**WORK REQUIRED**. Every line in the records below that holds "IfErr" must be identified and copied.

**DATASET RECORDS**.
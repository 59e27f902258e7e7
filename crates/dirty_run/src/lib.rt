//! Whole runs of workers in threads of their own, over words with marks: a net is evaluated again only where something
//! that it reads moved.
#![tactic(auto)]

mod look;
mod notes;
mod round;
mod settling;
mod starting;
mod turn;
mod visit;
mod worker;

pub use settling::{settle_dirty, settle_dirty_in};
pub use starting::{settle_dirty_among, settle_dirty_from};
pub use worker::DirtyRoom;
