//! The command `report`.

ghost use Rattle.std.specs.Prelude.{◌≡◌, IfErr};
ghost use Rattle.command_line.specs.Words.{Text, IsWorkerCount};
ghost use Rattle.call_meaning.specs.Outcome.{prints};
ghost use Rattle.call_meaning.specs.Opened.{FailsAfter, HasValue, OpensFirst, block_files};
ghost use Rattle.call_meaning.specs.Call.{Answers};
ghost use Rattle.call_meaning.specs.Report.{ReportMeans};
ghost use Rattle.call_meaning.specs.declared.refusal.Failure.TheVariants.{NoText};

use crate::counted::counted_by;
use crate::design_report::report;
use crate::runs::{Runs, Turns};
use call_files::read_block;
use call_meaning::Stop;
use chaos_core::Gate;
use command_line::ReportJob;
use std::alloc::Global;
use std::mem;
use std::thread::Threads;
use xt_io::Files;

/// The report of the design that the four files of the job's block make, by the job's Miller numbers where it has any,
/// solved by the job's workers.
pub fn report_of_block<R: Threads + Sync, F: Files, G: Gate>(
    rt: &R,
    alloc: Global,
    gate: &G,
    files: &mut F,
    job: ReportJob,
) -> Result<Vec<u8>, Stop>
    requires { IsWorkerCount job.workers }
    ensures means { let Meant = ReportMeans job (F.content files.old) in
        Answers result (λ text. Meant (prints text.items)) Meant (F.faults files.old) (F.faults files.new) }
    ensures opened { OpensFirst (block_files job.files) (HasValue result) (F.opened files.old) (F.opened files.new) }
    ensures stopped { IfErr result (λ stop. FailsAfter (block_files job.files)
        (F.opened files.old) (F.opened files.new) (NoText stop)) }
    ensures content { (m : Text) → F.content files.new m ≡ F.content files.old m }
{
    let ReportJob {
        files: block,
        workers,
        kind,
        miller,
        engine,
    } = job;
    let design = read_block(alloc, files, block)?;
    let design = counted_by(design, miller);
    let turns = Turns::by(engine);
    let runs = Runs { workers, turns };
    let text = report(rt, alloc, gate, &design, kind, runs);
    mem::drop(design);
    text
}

--

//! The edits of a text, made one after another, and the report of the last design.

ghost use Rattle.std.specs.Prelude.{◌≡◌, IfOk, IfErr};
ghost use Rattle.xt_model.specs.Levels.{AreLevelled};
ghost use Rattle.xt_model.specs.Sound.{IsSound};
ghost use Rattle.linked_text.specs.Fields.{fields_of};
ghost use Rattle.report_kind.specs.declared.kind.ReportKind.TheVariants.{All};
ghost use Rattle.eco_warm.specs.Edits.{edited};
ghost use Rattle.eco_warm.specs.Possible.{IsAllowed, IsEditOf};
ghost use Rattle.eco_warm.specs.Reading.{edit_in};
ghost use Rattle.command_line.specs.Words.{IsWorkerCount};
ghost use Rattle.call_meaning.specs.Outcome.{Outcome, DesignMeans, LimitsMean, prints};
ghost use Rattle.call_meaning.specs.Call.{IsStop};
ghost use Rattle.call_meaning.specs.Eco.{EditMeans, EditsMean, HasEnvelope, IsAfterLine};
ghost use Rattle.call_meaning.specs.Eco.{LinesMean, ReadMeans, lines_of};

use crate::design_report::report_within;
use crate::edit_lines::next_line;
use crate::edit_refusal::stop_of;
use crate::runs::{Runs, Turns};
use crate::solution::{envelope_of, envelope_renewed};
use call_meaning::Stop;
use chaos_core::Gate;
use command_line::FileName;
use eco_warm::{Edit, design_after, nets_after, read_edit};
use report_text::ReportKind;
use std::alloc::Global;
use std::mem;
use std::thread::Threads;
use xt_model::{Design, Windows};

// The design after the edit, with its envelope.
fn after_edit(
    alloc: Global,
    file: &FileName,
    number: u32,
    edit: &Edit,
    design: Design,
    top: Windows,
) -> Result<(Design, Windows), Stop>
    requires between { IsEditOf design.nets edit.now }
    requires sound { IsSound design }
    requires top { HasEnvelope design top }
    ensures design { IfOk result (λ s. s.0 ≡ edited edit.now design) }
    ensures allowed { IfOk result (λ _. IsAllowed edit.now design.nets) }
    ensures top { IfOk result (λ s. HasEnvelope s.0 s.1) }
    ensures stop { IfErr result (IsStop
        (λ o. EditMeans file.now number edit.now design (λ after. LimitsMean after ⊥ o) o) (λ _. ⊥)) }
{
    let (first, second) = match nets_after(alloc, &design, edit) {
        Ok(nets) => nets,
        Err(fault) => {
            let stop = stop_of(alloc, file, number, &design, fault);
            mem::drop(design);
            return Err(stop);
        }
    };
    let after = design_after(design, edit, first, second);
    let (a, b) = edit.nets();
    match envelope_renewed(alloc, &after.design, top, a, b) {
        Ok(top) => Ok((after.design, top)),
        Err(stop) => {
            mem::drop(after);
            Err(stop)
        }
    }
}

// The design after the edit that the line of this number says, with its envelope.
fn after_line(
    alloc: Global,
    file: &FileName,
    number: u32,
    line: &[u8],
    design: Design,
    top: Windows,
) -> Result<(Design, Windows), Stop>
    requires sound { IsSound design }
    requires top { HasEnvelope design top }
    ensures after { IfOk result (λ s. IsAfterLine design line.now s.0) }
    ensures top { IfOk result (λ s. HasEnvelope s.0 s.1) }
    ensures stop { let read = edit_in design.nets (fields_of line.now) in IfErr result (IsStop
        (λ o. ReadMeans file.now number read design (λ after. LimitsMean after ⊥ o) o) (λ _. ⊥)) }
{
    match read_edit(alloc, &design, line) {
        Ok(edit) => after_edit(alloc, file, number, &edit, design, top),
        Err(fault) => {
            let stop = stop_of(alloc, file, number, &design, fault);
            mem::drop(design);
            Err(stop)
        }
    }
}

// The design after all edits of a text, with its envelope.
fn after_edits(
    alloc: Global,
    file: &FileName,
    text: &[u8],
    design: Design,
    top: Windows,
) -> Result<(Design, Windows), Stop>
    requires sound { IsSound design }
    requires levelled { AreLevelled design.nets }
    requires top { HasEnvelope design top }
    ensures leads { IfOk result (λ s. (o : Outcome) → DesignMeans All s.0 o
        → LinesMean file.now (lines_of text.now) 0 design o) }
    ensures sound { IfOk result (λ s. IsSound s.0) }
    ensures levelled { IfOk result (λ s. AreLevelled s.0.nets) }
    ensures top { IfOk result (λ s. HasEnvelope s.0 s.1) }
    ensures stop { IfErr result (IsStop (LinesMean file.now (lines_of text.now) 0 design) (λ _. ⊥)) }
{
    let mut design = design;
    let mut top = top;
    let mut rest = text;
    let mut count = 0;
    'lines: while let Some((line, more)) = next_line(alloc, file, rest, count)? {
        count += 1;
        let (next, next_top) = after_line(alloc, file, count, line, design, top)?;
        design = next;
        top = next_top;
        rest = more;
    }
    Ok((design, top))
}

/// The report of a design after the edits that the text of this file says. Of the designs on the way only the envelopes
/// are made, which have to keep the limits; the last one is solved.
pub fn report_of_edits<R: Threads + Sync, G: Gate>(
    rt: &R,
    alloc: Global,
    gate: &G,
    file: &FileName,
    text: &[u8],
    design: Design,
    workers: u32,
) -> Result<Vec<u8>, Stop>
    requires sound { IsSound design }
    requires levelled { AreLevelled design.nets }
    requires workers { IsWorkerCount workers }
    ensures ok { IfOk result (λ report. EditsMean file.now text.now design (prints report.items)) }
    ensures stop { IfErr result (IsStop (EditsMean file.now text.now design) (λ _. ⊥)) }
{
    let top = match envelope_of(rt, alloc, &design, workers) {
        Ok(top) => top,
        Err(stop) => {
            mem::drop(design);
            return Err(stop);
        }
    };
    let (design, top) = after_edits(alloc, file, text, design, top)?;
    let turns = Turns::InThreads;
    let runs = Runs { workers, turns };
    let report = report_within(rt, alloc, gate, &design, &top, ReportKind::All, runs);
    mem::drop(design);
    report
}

* * *

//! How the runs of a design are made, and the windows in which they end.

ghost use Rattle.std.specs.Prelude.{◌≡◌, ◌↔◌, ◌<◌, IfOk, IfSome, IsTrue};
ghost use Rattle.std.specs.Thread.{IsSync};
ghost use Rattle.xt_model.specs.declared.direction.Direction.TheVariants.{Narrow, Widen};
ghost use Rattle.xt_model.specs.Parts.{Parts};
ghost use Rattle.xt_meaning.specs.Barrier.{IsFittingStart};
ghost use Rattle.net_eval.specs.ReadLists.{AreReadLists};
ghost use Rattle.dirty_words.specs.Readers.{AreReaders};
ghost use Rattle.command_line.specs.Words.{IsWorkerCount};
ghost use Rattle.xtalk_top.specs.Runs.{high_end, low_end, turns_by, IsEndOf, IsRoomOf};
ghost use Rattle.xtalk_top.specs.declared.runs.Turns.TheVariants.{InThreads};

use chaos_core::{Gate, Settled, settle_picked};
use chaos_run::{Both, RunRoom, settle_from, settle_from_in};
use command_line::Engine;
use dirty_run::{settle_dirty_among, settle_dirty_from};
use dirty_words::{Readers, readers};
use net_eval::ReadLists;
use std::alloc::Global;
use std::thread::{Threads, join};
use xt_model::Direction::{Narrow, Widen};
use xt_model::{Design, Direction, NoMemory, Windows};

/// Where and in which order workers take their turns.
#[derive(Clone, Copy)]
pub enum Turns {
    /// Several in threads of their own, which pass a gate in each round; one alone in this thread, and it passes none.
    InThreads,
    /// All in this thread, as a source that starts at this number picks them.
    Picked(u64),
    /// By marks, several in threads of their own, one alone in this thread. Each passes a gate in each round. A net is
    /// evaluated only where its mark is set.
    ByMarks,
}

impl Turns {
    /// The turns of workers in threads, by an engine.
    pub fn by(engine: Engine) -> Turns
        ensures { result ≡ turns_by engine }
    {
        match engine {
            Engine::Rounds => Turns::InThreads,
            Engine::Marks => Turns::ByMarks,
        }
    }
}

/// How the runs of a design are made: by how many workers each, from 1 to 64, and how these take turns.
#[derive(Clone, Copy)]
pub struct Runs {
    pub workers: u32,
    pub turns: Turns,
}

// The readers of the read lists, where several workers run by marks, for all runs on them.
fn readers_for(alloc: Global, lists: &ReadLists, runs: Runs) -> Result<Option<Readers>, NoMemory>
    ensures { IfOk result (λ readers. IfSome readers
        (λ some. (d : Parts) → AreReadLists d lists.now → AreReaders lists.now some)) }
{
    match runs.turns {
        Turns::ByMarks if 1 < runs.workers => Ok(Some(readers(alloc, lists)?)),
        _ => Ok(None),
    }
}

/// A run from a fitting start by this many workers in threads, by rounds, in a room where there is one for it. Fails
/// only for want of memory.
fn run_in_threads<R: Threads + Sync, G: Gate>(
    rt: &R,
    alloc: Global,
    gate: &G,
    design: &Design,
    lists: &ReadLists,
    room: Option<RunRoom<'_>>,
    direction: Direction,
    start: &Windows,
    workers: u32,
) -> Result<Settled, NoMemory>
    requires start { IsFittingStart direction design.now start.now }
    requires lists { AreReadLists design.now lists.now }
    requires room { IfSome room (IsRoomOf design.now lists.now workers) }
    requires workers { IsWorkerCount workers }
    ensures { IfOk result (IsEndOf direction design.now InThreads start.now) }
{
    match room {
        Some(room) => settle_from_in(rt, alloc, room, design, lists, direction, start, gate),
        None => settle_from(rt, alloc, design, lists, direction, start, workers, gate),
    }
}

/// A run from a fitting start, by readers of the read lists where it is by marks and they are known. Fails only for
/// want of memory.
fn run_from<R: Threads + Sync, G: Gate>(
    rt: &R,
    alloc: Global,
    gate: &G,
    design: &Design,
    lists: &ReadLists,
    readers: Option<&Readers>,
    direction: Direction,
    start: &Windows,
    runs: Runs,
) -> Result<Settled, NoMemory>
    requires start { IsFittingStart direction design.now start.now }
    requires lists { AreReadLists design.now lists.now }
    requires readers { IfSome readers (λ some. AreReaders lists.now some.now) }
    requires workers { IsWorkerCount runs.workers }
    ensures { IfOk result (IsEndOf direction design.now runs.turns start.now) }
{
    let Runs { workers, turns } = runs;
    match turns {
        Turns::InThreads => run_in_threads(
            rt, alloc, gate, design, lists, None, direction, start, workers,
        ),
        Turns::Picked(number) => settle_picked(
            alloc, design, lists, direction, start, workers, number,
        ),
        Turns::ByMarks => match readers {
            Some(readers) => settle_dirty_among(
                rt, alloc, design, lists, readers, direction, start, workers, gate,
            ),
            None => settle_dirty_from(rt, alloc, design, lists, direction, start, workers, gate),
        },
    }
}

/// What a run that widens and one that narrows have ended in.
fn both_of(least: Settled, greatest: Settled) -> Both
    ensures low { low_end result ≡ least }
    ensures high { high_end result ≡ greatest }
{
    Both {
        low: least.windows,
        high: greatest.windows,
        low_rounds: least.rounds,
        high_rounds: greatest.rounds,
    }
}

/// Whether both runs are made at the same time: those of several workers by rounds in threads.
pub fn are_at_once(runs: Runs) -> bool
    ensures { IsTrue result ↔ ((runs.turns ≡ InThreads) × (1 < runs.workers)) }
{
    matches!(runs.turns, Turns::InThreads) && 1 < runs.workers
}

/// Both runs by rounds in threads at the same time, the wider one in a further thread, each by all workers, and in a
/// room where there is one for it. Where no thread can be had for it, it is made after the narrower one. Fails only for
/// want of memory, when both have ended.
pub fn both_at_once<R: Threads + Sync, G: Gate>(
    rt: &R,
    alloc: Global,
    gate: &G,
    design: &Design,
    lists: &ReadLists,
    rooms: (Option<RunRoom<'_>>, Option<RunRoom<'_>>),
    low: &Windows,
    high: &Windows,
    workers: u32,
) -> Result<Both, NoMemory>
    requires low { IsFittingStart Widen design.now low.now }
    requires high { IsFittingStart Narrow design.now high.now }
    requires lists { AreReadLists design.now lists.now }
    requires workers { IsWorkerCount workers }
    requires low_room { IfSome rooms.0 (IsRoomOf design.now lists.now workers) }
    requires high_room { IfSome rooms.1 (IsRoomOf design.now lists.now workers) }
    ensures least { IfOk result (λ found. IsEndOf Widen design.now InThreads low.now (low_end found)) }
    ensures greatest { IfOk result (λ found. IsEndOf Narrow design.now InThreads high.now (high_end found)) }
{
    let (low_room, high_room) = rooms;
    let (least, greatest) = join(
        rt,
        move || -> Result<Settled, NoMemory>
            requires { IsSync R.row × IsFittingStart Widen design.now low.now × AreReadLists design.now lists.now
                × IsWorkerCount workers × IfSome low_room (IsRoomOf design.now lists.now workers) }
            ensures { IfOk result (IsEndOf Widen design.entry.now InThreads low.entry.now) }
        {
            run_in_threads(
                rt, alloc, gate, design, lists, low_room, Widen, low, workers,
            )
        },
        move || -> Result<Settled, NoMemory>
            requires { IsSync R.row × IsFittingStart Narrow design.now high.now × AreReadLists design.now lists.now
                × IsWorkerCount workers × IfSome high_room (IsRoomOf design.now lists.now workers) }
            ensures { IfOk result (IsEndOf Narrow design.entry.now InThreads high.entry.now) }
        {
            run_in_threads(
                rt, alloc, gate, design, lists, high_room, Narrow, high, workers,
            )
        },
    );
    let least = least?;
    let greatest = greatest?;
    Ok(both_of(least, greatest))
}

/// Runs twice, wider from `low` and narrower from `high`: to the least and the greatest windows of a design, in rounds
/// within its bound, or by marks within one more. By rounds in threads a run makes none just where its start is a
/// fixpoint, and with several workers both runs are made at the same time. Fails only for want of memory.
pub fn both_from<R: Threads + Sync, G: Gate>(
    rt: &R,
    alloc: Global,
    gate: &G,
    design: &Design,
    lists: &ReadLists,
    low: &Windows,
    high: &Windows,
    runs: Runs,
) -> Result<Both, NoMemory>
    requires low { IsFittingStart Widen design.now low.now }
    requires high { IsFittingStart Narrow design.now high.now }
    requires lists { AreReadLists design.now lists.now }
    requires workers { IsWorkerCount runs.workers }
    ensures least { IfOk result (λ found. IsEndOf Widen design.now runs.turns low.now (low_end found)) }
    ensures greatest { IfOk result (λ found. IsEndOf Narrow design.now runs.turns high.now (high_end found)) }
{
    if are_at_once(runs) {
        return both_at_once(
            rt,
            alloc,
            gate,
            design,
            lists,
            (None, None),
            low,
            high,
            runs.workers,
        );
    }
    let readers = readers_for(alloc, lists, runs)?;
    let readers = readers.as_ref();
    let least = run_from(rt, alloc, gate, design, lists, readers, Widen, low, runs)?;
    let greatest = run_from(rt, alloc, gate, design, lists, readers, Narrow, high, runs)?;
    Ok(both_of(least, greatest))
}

**RESPONSE TO THE TASK**.
ghost use Rattle.std.specs.Prelude.{◌≡◌, IfErr};
    ensures stopped { IfErr result (λ stop. FailsAfter (block_files job.files)
ghost use Rattle.std.specs.Prelude.{◌≡◌, IfOk, IfErr};
    ensures stop { IfErr result (IsStop
    ensures stop { let read = edit_in design.nets (fields_of line.now) in IfErr result (IsStop
    ensures stop { IfErr result (IsStop (LinesMean file.now (lines_of text.now) 0 design) (λ _. ⊥)) }
    ensures stop { IfErr result (IsStop (EditsMean file.now text.now design) (λ _. ⊥)) }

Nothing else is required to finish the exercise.